Pflichterfüllung ist das wichtigste Prinzip in der Familie Buddenbrook.

Pflichterfüllung ist das wichtigste Prinzip in der Familie Buddenbrook.

Produktionsland Deutschland
Jahr 2008
Spielzeit 150 Minuten
Regie Heinrich Breloer
Hauptdarsteller Jessica Schwarz, Mark Waschke, August Diehl, Armin Mueller-Stahl, Iris Berben, Léa Bosco, Justus von Dohnányi, Martin Feifel, Nina Proll
Bewertung

Worum geht’s?

Eine der angesehensten Familien im Lübeck des frühen 19. Jahrhunderts sind die Buddenbrooks. Jean, der Patriarch der Familie, ist Konsul und verdient sein Geld als Getreidehändler. Sein ältester Sohn Thomas wird in das Geschäft eingearbeitet, denn er soll einst das Familienunternehmen übernehmen. Christian, der zweite Sohn, sammelt im Ausland Erfahrungen über das Handelswesen, und Tony, die Tochter des Hauses, soll möglichst bald möglichst wohlhabend verheiratet werden. Als der Hamburger Kaufmann Grünlich ihr einen Antrag macht, bietet sich diese Gelegenheit. Tony will nichts von ihm wissen, zumal sie sich kurz darauf in einem Kurzurlaub in einen Medizinstudenten verliebt. Doch die Familie besteht auf einer Heirat, und Tony willigt schließlich ein. Als sich Grünlich dann als Schwindler erweist, der es nur auf die Mitgift abgesehen hatte, ist das der erste von vielen Tiefschläge, die den Buddenbrooks bevorstehen.

Das sagt shitesite:

Eine ausführliche Ballszene, die im Roman von Thomas Mann nicht vorkommt, steht am Beginn von Buddenbrooks. Regisseur Heinrich Breloer, der die Erfahrung der Dokumentation Die Manns in seinen ersten fiktionalen Spielfilm mit einbringt, macht daraus seine Exposition, in der er die meisten wichtigen Figuren vorstellt und einige der Leitmotive und bestimmenden Konflikte bereits andeutet. Es ist ein Start, mit dem man sich nicht wohl fühlt: Nach zehn Minuten hat man erstens das Gefühl, dass dem Werk von Thomas Mann damit Gewalt angetan wird (am Ende des Films ist der Autor kurz zu sehen, wie er als alter Mann das Buddenbrook-Haus in Lübeck besichtigt, und es wirkt, als solle er damit dieser Adaption seinen Segen erteilen). Zweitens sieht es aus, als würde sich Buddenbrooks fortan in erster Linie an seiner eigenen Opulenz ergänzen.

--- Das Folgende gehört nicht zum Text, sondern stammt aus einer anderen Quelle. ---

// Expressions: one call cycle. Each call goes to a lower row, or on the same row from what follows a part of a chain to a part or an
// expression, from an expression to an application, an operator, a let or a chain, from an operator to what its kind puts, from a let to its
// head and body, from a chain to its parts, and from a part to its groups. The stack of names goes by value, but to `pp_part`, `pp_inside`
// and the parts of `pp_operator`: these are inlined, and stand in no frame that would hold a copy.
ghost use Rattle.std.specs.Prelude.{◌≡◌, true, ◌<◌, ◌≤◌, None};
ghost use Rattle.document.specs.Walk.{textᵐ};
ghost use Rattle.pool.specs.Notation.{operator_at};
ghost use Rattle.pool.specs.Tables.{T, expr_word, notation_word};
ghost use Rattle.binders.specs.Acting.{acting};
ghost use Rattle.binders.specs.Options.{options_of, pool_of};
ghost use Rattle.pool.specs.Unfold.{name_at, expr_at};
ghost use Rattle.document.specs.Leaves.{Leaves};
ghost use Rattle.document.specs.Sink.{emit};
ghost use Rattle.pieces.specs.Docs.{under};
ghost use Rattle.binders.specs.Asked.{Asked, InChain};
ghost use Rattle.binders.specs.Steps.{binder_kind, chain_length, first_binder};
ghost use Rattle.pretty_printer.specs.Parts.{Operated, row_in, chain_part, run_part, groups_part, let_head, let_body};

use binders::chain::{chain_length, is_binder_at, push_chain};
use binders::group::{group_end, pp_names};
use binders::leaves::{is_leaf_at, pp_leaf};
use binders::operators::acting;
use binders::printer::Printer;
use binders::runs::{is_arrow, is_pi, level_of, part_end};
use binders::spine::spine_of;
use binders::stack::Stack;
use binders::vars::pp_bvar;
use document::sink::Sink;
use names::literals::pp_raw;
use names::names::pp_name_safe;
use pieces::parens::{close_paren, open_paren};
use pieces::puts::{
    close_group, end_app, end_argument, end_let, end_proj, end_run, open_group, put_arrow,
    put_assign, put_colon, start_let, start_run,
};
use pieces::words::join_zero_width_line;
use pool::fields::{
    APP_ARGUMENT, APP_FUNCTION, BINDER_STYLE, BINDER_TYPE, LET_BODY, LET_NAME, LET_TYPE, LET_VALUE,
    NOTATION_PRIORITY, NOTATION_STRING, PROJ_INDEX, PROJ_STRUCTURE, VAR_INDEX,
};
use pool::kinds::{ExprKind, NotationKind};

// The expression at row r, in a scope of the stack, under a level.
#[cycle(exprs)]
pub fn pp_expr(p: &Printer<'_>, sink: &mut Sink<'_>, k: Stack, scope: usize, r: usize, outer: usize)
    requires { (Asked (pool_of p.now) k scope r) × (outer ≤ 1024) }
    ensures { Leaves sink.old sink.new (emit (under outer (row_in (options_of p.now) (pool_of p.now) k scope r))) }
{
    if sink.is_stopped() {
        return;
    }
    match p.pool.words.expr_kind(r) {
        Some(ExprKind::Var) => pp_bvar(p, sink, k, scope, p.pool.words.expr(r, VAR_INDEX)),
        Some(ExprKind::App) => {
            if let Some(row) = acting(p, r) {
                return pp_operator(p, sink, k, scope, r, row, outer);
            }
            pp_app(p, sink, k, scope, r, outer)
        }
        Some(ExprKind::Pi | ExprKind::Lambda) => pp_chain(p, sink, k, scope, r, outer),
        Some(ExprKind::Let) => pp_let(p, sink, k, scope, r, outer),
        Some(ExprKind::Proj) => {
            let structure = p.pool.words.expr(r, PROJ_STRUCTURE);
            pp_expr(p, sink, k, scope, structure, 1024);
            end_proj(sink, p.pool.words.expr(r, PROJ_INDEX))
        }
        _ => pp_leaf(p, sink, r),
    }
}

// An expression in an application, or a group's type: what has no parts needs no stack, and no copy of it. Inlined, so that the stack is not
// copied here.
#[inline(always)]
#[cycle(exprs)]
fn pp_inside(p: &Printer<'_>, sink: &mut Sink<'_>, k: &Stack, scope: usize, r: usize, outer: usize)
    requires { (Asked (pool_of p.now) k.now scope r) × (outer ≤ 1024) }
    ensures { Leaves sink.old sink.new (emit (under outer (row_in (options_of p.now) (pool_of p.now) k.now scope r))) }
{
    if is_leaf_at(&p.pool.words, r) {
        return pp_leaf(p, sink, r);
    }
    pp_expr(p, sink, *k, scope, r, outer)
}

// An application on which no operator acts: its head and its arguments, tiled.
#[cycle(exprs)]
fn pp_app(p: &Printer<'_>, sink: &mut Sink<'_>, k: Stack, scope: usize, r: usize, outer: usize)
    requires { (Asked (pool_of p.now) k scope r) × (outer ≤ 1024)
        × (expr_word (pool_of p.now).words r 0 ≡ 3)
        × (acting (options_of p.now) (expr_at (pool_of p.now) r) ≡ None) }
    ensures { Leaves sink.old sink.new (emit (under outer (row_in (options_of p.now) (pool_of p.now) k scope r))) }
{
    let wrapped = outer > 1023;
    open_paren(sink, wrapped);
    let spine = spine_of(p, r);
    pp_inside(p, sink, &k, scope, spine.head, 1023);
    sink.put_group();
    for i in (0..spine.count).rev() {
        sink.put_break(1);
        pp_inside(p, sink, &k, scope, spine.arguments[i] as usize, 1024);
        end_argument(sink);
    }
    end_app(sink, p.indent, wrapped)
}

// An application on which the operator of a notation row acts.
#[cycle(exprs)]
fn pp_operator(
    p: &Printer<'_>,
    sink: &mut Sink<'_>,
    k: Stack,
    scope: usize,
    r: usize,
    row: usize,
    outer: usize,
)
    requires { (Asked (pool_of p.now) k scope r) × (Operated (options_of p.now) (pool_of p.now) r row) }
    ensures { Leaves sink.old sink.new (emit (under outer (row_in (options_of p.now) (pool_of p.now) k scope r))) }
{
    let priority = p.pool.words.notation(row, NOTATION_PRIORITY);
    let wrapped = outer > priority - 1;
    open_paren(sink, wrapped);
    pp_operands(p, sink, &k, scope, r, row, priority);
    close_paren(sink, wrapped)
}
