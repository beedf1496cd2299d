//! Blocks that have to be zeros before an image is made.
ghost use Rattle.std.specs.Prelude.{◌≡◌, ℕ, ◌+◌, ◌*◌, ◌<◌, ◌≤◌, ◌↔◌, length, IsTrue, IfOk, IfSome, MatchOption};
ghost use Rattle.sea_device.specs.Calls.{OnlyRead};
ghost use Rattle.sea_trail.specs.Trail.{blocks_needed};
ghost use Rattle.sea_journal.specs.Mkfs.{AllBlank, IsBlank, IsLeastFilled};
ghost use Rattle.sea_journal.specs.Changes.{CountsFaults};

use crate::SEGMENT_BLOCKS;
use sea_base::{Paddr, is_zero};
use sea_device::{Device, Failed};

/// The least of block 0 and the segments' first blocks that isn't all zeros.
pub fn first_filled<D: Device>(
    device: &mut D,
    segments: u32,
    buffer: &mut [u8],
) -> Result<Option<Paddr>, Failed>
    requires few { segments ≤ 8191 }
    requires fits { blocks_needed segments ≤ D.size device.old }
    requires buffer { length buffer.old ≡ 4096 }
    ensures found { IfOk result (λ found. IfSome (D.contents device.old) (λ image.
        MatchOption found (AllBlank segments image) (λ at. IsLeastFilled segments at.0 image))) }
    ensures read { OnlyRead D.Device device.old device.new }
    ensures cause { CountsFaults (D.faults device.old) (D.faults device.new) result }
{
    if !is_blank(device, Paddr(0), buffer)? {
        return Ok(Some(Paddr(0)));
    }
    for segment in 0..segments {
        let at = Paddr(1 + SEGMENT_BLOCKS * segment);
        if !is_blank(device, at, buffer)? {
            return Ok(Some(at));
        }
    }
    Ok(None)
}

// Whether a block is all zeros.
fn is_blank<D: Device>(device: &mut D, at: Paddr, buffer: &mut [u8]) -> Result<bool, Failed>
    requires within { at.0 < D.size device.old }
    requires buffer { length buffer.old ≡ 4096 }
    ensures exact { IfOk result (λ blank. IfSome (D.contents device.old) (λ image.
        IsTrue blank ↔ IsBlank image at.0)) }
    ensures read { OnlyRead D.Device device.old device.new }
    ensures cause { CountsFaults (D.faults device.old) (D.faults device.new) result }
{
    device.read(at, buffer)?;
    Ok(is_zero(buffer))
}
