use super::*;
use std::env::FillError;
use std::test::Fail;

// What a program started as `seastore steps twice` is told.
#[derive(Drop)]
struct Started;

impl Env for Started {
    fn arg(&self, i: usize, buf: &mut [u8]) -> Result<usize, FillError> {
        let arg = match i {
            0 => "seastore",
            1 => "steps",
            2 => "twice",
            _ => return Err(FillError::NotPresent),
        };
        let room = buf.get_mut(..arg.len()).ok_or(FillError::TooLong)?;
        room.copy_from_slice(arg.as_bytes());
        Ok(arg.len())
    }

    fn var(&self, _name: &str, _buf: &mut [u8]) -> Result<usize, FillError> {
        Err(FillError::NotPresent)
    }

    fn var_at(&self, _i: usize, _buf: &mut [u8]) -> Result<usize, FillError> {
        Err(FillError::NotPresent)
    }
}

#[test]
fn the_name_is_no_word(rt: HostRuntime) -> Result<(), Fail> {
    let words = words(&(Started, rt.alloc()))?;
    assert_eq!(rt; words.len(), 2);
    assert_eq!(rt; words[0].as_str(), "steps");
    assert_eq!(rt; words[1].as_str(), "twice");
    Ok(())
}

// A test is no `steps`, whatever words it was started with.
#[test]
fn other_words_end_with_the_status_of_usage(rt: HostRuntime) {
    assert_eq!(rt; run(&rt).report(&rt), ExitCode::from(1));
}
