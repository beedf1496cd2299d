//! Blocks written and made stable.
ghost use Rattle.std.specs.Prelude.{◌≡◌, ◌+◌, ◌*◌, ◌≤◌, length, OnOk};
ghost use Rattle.std.specs.Option.{option_map};
ghost use Rattle.sea_device.specs.Device.{IsWholeBlocks, Torn, overwritten};
ghost use Rattle.sea_journal.specs.Changes.{ChangesBy, CountsFaults, LeavesItself};

use sea_base::Paddr;
use sea_device::{Device, Failed};

/// Writes blocks from a place on, and syncs.
pub fn put_blocks<D: Device>(device: &mut D, at: Paddr, bytes: &[u8]) -> Result<(), Failed>
    requires whole { IsWholeBlocks (length bytes.now) }
    requires within { 4096 * at.0 + length bytes.now ≤ 4096 * D.size device.old }
    ensures written { OnOk result (D.contents device.new
        ≡ option_map (overwritten (4096 * at.0) bytes.now) (D.contents device.old)) }
    ensures alone { OnOk result (LeavesItself D.Device device.new) }
    ensures changes { ChangesBy (Torn (4096 * at.0) (length bytes.now)) D.Device
        device.old device.new }
    ensures cause { CountsFaults (D.faults device.old) (D.faults device.new) result }
{
    device.write(at, bytes)?;
    device.sync()
}
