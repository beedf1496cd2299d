//! The rule of room: whose record is still taken.
ghost use Rattle.std.specs.Prelude.{◌↔◌, IsTrue};
ghost use Rattle.sea_journal.specs.Room.{Takes};

/// For whom a record is written. A writer leaves segments to those who make room.
#[derive(Clone, Copy, Debug, PartialEq, Eq)]
pub enum Who {
    /// A client's transaction.
    Write,
    /// A step that trims the journal or moves blocks.
    House,
    /// A step whose record frees a segment.
    Free,
    /// An opening.
    Mount,
}

/// Whether a record of `need` blocks is taken, where `rest` blocks are left in the open segment and
/// `empty` segments are empty.
pub fn takes(who: Who, need: u32, rest: u32, empty: u32) -> bool
    ensures { IsTrue result ↔ Takes who need rest empty }
{
    match who {
        Who::Write => need <= rest && empty >= 2 || empty >= 3,
        Who::House => need <= rest || empty >= 2,
        Who::Free | Who::Mount => need <= rest || empty >= 1,
    }
}
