//! Making a fresh image.
ghost use Rattle.std.specs.Prelude.{◌≡◌, ◌≤◌, length, IfErr, IfSome, OnOk};
ghost use Rattle.std.specs.Option.{option_map};
ghost use Rattle.sea_device.specs.Calls.{OnlyRead};
ghost use Rattle.sea_device.specs.Device.{overwritten};
ghost use Rattle.sea_segment.specs.Superblock.{IsSegmentCount};
ghost use Rattle.sea_segment.specs.Header.{IsHeader};
ghost use Rattle.sea_journal.specs.Mkfs.{IsFresh, IsRefused, IsFoundUnfit, HasFreshTrail, first_header};
ghost use Rattle.sea_journal.specs.Changes.{ChangesBy, InBlocks, CountsFaults, LeavesItself};
ghost use Rattle.sea_journal.specs.declared.fresh.MkfsFault.TheVariants.{NoMemory as OutOfMemory, DeviceFault};

use crate::SEGMENT_BLOCKS;
use crate::fronts::first_filled;
use crate::put::put_blocks;
use sea_base::{
    BLOCK_BYTES, Block, Commit, Digest, Laddr, NoMemory, PRoot, Paddr, Root, Sum, Tail,
};
use sea_device::{Device, Failed};
use sea_segment::{Header, Super};
use std::alloc::{AllocError, Global};
use thiserror::Error;

/// Why no image was made.
#[derive(Clone, Copy, Debug, PartialEq, Eq, Error)]
pub enum MkfsFault {
    /// The device has fewer blocks than the segments need.
    #[error("short")]
    Short { have: u32, need: u32 },
    /// A call of the device failed.
    #[error("device fault")]
    DeviceFault,
    /// The least of block 0 and the segments' first blocks that isn't all zeros.
    #[error("not empty")]
    NotEmpty { block: Paddr },
    /// Memory ran out.
    #[error("no memory")]
    NoMemory,
}

impl From<NoMemory> for MkfsFault {
    ghost from_gives = { λ _ fault. fault ≡ OutOfMemory };

    fn from(_: NoMemory) -> Self {
        MkfsFault::NoMemory
    }
}

impl From<AllocError> for MkfsFault {
    ghost from_gives = { λ _ fault. fault ≡ OutOfMemory };

    fn from(_: AllocError) -> Self {
        MkfsFault::NoMemory
    }
}

impl From<Failed> for MkfsFault {
    ghost from_gives = { λ _ fault. fault ≡ DeviceFault };

    fn from(_: Failed) -> Self {
        MkfsFault::DeviceFault
    }
}

const EMPTY_TREE: PRoot = PRoot {
    at: Paddr(0),
    height: 0,
    sum: Sum(0),
};

/// Makes an image of so many segments, 6 to 8,191, without a record. The device has to be empty: block
/// 0 and the segments' first blocks are zeros. The header of segment 0 is written and synced, and then
/// the superblock is.
pub fn mkfs<D: Device>(alloc: Global, device: &mut D, segments: u32) -> Result<(), MkfsFault>
    requires { IsSegmentCount segments }
    ensures made { OnOk result (IsFresh segments D.Device device.old device.new) }
    // The image has the trail without records, given that none stood at block 2.
    ensures trail { OnOk result (IfSome (D.contents device.old) (λ old.
        IfSome (D.contents device.new) (HasFreshTrail segments old))) }
    ensures refused { IfErr result (IsRefused segments (D.size device.old)
        (D.faults device.old) (D.faults device.new) (D.contents device.old)) }
    ensures untouched { IfErr result (λ fault. IsFoundUnfit fault
        → OnlyRead D.Device device.old device.new) }
    ensures within { ChangesBy (InBlocks 0 2) D.Device device.old device.new }
{
    let have = device.blocks();
    let need = 1 + SEGMENT_BLOCKS * segments;
    if have < need {
        return Err(MkfsFault::Short { have, need });
    }
    let superblock = Super { segments }.spell(alloc)?;
    let header = first_header().spell(alloc)?;
    let mut buffer = vec![in alloc; 0; BLOCK_BYTES]?;
    if let Some(block) = first_filled(device, segments, &mut buffer)? {
        return Err(MkfsFault::NotEmpty { block });
    }
    write_fresh(device, &header, &superblock)?;
    Ok(())
}

// The first header of a fresh image.
fn first_header() -> Header
    ensures is { result ≡ first_header }
    ensures fits { IsHeader result }
{
    Header {
        segment: 0,
        mount: 0,
        seq: 1,
        commit: Commit(0),
        tail: Tail {
            seq: 1,
            place: Paddr(2),
        },
        root: Root {
            lba: EMPTY_TREE,
            owners: EMPTY_TREE,
            next: Laddr(2),
        },
        prev: Digest([0; 32]),
    }
}

// Writes and syncs the header, and then the superblock.
fn write_fresh<D: Device>(device: &mut D, header: &Block, superblock: &Block) -> Result<(), Failed>
    requires { 2 ≤ D.size device.old }
    ensures written { OnOk result (D.contents device.new ≡ option_map
        (λ b. overwritten 0 superblock.now (overwritten 4096 header.now b)) (D.contents device.old)) }
    ensures alone { OnOk result (LeavesItself D.Device device.new) }
    ensures blocks { OnOk result ((length superblock.now ≡ 4096) × (length header.now ≡ 4096)) }
    ensures within { ChangesBy (InBlocks 0 2) D.Device device.old device.new }
    ensures cause { CountsFaults (D.faults device.old) (D.faults device.new) result }
{
    put_blocks(device, Paddr(1), header.bytes())?;
    put_blocks(device, Paddr(0), superblock.bytes())
}
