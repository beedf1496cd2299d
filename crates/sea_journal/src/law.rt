//! What holds of each journal's past.
ghost use Rattle.sea_journal.specs.Laws.{AnchorIsClear, ClearHasPrefix};

/// A clear image of a crash has the trail of what is stable, and then a prefix of what is queued.
/// The anchor, which is the image of the last good sync, is clear.
pub fn journal_laws()
    ensures prefix { ClearHasPrefix }
    ensures anchor { AnchorIsClear }
{}
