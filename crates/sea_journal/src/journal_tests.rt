//! What no clause of the journal says: that its calls succeed, and on which bytes.
ghost use Rattle.std.specs.Prelude.{◌≡◌, ◌≤◌, length, IfOk};
ghost use Rattle.sea_journal.specs.Resume.{IsBare};

use super::*;
use crate::fit::{is_root, is_tail};
use sea_base::{Commit, Data, NoMemory, Nths, Paddr, Root, Sequence, SpaceFault, Sum, Tail};
use sea_device::{Device, Failed, Fails, MemDevice};
use sea_record::{Body, Kind};
use sea_segment::{SegState, Table};
use sea_trail::{Trail, scan};
use std::alloc::Global;
use std::process::Abort;
use std::test::Fail;

// The blocks of six segments.
const BLOCKS: u32 = 12_289;

const LIMIT: u64 = 1 << 62;

// A device with a fresh image, of whose syncs one will fail: the first is that of a mount record.
fn fresh(alloc: Global, failing: u64) -> Result<MemDevice, Fail>
    requires { failing ≤ 9 }
{
    let mut fails = Fails::none(alloc);
    let mut syncs = Nths::new(alloc);
    syncs.push(failing + 2)?;
    fails.syncs = syncs;
    let mut device = MemDevice::new(alloc, BLOCKS, 64, 1 << 24, fails)?;
    mkfs(alloc, &mut device, 6)?;
    Ok(device)
}

// The journal that goes on behind the trail of a device, and that trail.
fn begun(
    rt: &impl Abort,
    alloc: Global,
    mut device: MemDevice,
) -> Result<(Journal<MemDevice>, Trail), Fail> {
    let trail = scan(alloc, &mut device)?;
    assert!(rt; can_resume(&trail, device.blocks()));
    let mut table = Table::new(alloc, trail.segments)?;
    assert!(rt; trail.active < table.len());
    table.set(trail.active, SegState::Active { seq: trail.seq });
    match Journal::resume(alloc, device, &trail, table) {
        Ok(journal) => Ok((journal, trail)),
        Err((_device, fault)) => Err(fault.into()),
    }
}

// The body of a plain record of three bytes, which takes two blocks.
fn plain(alloc: Global, bytes: &[u8; 3]) -> Result<Body, NoMemory>
    ensures { IfOk result IsBare }
{
    Ok(Body {
        kind: Kind::Plain,
        placed: Sequence::new(alloc),
        nodes: Sequence::new(alloc),
        dropped: Sequence::new(alloc),
        changes: Sequence::new(alloc),
        plain: Data::new(alloc, bytes)?,
    })
}

// The body of a record of nodes without any, which takes one block.
fn bare(alloc: Global) -> Result<Body, NoMemory>
    ensures { IfOk result IsBare }
{
    Ok(Body {
        kind: Kind::Nodes,
        placed: Sequence::new(alloc),
        nodes: Sequence::new(alloc),
        dropped: Sequence::new(alloc),
        changes: Sequence::new(alloc),
        plain: Data::new(alloc, &[])?,
    })
}

// Queues a record with this tail and these roots, once a place for it is reserved.
fn push(
    rt: &impl Abort,
    journal: &mut Journal<MemDevice>,
    tail: Tail,
    root: Root,
    body: Body,
) -> Result<Commit, Fail>
    requires { IsBare body }
{
    assert!(rt; is_tail(&tail));
    assert!(rt; is_root(&root));
    assert!(rt; journal.seq() < LIMIT);
    journal.reserve(2, Who::House)?;
    let mount = journal.mount();
    assert!(rt; mount >= 1);
    assert!(rt; mount < LIMIT);
    let seq = journal.seq();
    assert!(rt; seq >= 1);
    assert!(rt; seq < LIMIT);
    let last = journal.commit();
    assert!(rt; last.0 < LIMIT);
    Ok(journal.push(body, tail, root)?)
}

// Makes unsynced blocks what they were before, zeros, as a crash may leave them.
fn lose(rt: &impl Abort, device: &mut MemDevice, places: &[u32]) -> Result<(), Failed> {
    for at in places {
        assert!(rt; device.is_unsynced(device.clock(), Paddr(*at)));
        assert!(rt; *at < device.blocks());
        device.write(Paddr(*at), &[0; 4096])?;
    }
    Ok(())
}

// The sum of the first block behind the mount record, which the journal tells of a wrong one.
fn sum_behind(journal: &mut Journal<MemDevice>) -> Sum {
    match journal.block(Paddr(3), Sum(0)) {
        Err(SpaceFault::Damaged { found, .. }) => found,
        _ => Sum(0),
    }
}

// How many openings and records the trail of a device counts, and where it ends.
fn counts(alloc: Global, device: &mut MemDevice) -> Result<(u64, u64, u32), Fail> {
    let trail = scan(alloc, device)?;
    Ok((trail.mount, trail.commit.0, trail.end.0))
}

// Behind the mount record at block 2 records wait at the blocks 3, 4 and 6, whose sync fails.
fn unsynced(rt: &impl Abort, alloc: Global) -> Result<MemDevice, Fail> {
    let (mut journal, trail) = begun(rt, alloc, fresh(alloc, 2)?)?;
    push(rt, &mut journal, trail.tail, trail.root, bare(alloc)?)?;
    push(
        rt,
        &mut journal,
        trail.tail,
        trail.root,
        plain(alloc, b"one")?,
    )?;
    push(
        rt,
        &mut journal,
        trail.tail,
        trail.root,
        plain(alloc, b"two")?,
    )?;
    assert_eq!(rt; journal.sync(), Err(Failed));
    assert_eq!(rt; journal.unsynced(), 3);
    Ok(journal.close())
}

#[test]
fn a_batch_with_a_gap(rt: HostRuntime) -> Result<(), Fail> {
    let alloc = rt.alloc();
    let mut device = unsynced(&rt, alloc)?;
    assert_eq!(rt; counts(alloc, &mut device)?, (1, 4, 8));
    lose(&rt, &mut device, &[5])?;
    assert_eq!(rt; counts(alloc, &mut device)?, (1, 2, 4));
    lose(&rt, &mut device, &[3])?;
    assert_eq!(rt; counts(alloc, &mut device)?, (1, 1, 3));
    Ok(())
}

// The first record is lost, and the second stands. The next opening writes its mount record where
// the first was, and its zeros over the second's first block, which a crash takes back.
#[test]
fn a_stale_record_behind_a_torn_zero_block(rt: HostRuntime) -> Result<(), Fail> {
    let alloc = rt.alloc();
    let mut device = unsynced(&rt, alloc)?;
    lose(&rt, &mut device, &[3])?;
    let mut stale = [0; 4096];
    assert!(rt; device.blocks() > 4);
    device.read(Paddr(4), &mut stale)?;
    let (journal, _trail) = begun(&rt, alloc, device)?;
    let mut again = journal.close();
    assert_eq!(rt; counts(alloc, &mut again)?, (2, 2, 4));
    assert!(rt; again.blocks() > 4);
    again.write(Paddr(4), &stale)?;
    assert_eq!(rt; counts(alloc, &mut again)?, (2, 2, 4));
    Ok(())
}

#[test]
fn a_failed_sync_is_made_again(rt: HostRuntime) -> Result<(), Fail> {
    let alloc = rt.alloc();
    let (mut journal, trail) = begun(&rt, alloc, fresh(alloc, 2)?)?;
    assert_eq!(rt; journal.sync(), Ok(()));
    assert_eq!(rt;
        push(
            &rt,
            &mut journal,
            trail.tail,
            trail.root,
            plain(alloc, b"one")?
        )?,
        Commit(2)
    );
    let queued = sum_behind(&mut journal);
    assert!(rt; queued != Sum(0));
    assert_eq!(rt; journal.sync(), Err(Failed));
    assert_eq!(rt;
        push(
            &rt,
            &mut journal,
            trail.tail,
            trail.root,
            plain(alloc, b"two")?
        )?,
        Commit(3)
    );
    assert_eq!(rt; journal.sync(), Ok(()));
    assert_eq!(rt; journal.rest(), 2042);
    assert_eq!(rt; sum_behind(&mut journal), queued);
    let mut device = journal.close();
    assert_eq!(rt; counts(alloc, &mut device)?, (1, 3, 7));
    Ok(())
}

Beides erweist sich dann als falsch. Die Werktreue ist hier – bedenkt man, wie schwierig es selbst bei einer Spielzeit von zweieinhalb Stunden ist, die Fülle des Stoffs und eine Handlung, die mehr als 40 Jahre umspannt, halbwegs sinnvoll zu komprimieren – einigermaßen hoch. Das Ensemble wird verkleinert, die Konzentration gilt den einschneidensten Momenten in der Familienchronik, sodass zumindest der Plot des Romans gut rüberkommt. Was dabei auf der Strecke bleibt, ist der Geist, die Reflexion, die Tiefe. Mitunter wirkt der Film gehetzt, wie eine allzu kompakte Zusammenfassung des Geschehens als Buddenbrooks für Eilige.

Auch die Idee, auf eine besonders aufdringliche Musik zu setzen und die Kamera immer dann schwanken, kippen und sinken zu lassen, wenn sich auch das Schicksal der Familie wieder ein bisschen in Richtung Abgrund bewegt, ist etwas plump. Die üppige Ausstattung erweist sich hingegen im Verlauf des Films als Gewinn und trägt einen großen Teil zur hanseatischen Romantik und Nostalgie bei, die den Film prägt. Als großer Pluspunkt erweist sich auch die Starbesetzung: Jessica Schwarz balanciert sehr gekonnt zwischen Unbeschwertheit und Reue. August Diehl gibt als Christian einen großartigen Freigeist am Rande des Wahnsinns, der Tradition, Ordnung und Pflicht am liebsten mit Gin, Champagner und Affären pulverisieren möchte. Und niemand sonst könnte einen Patrizier so eindrucksvoll spielen wie Armin Müller-Stahl: stolz, würdevoll, trotzig – und ahnend, dass seine Welt und seine Werte im Niedergang begriffen sind.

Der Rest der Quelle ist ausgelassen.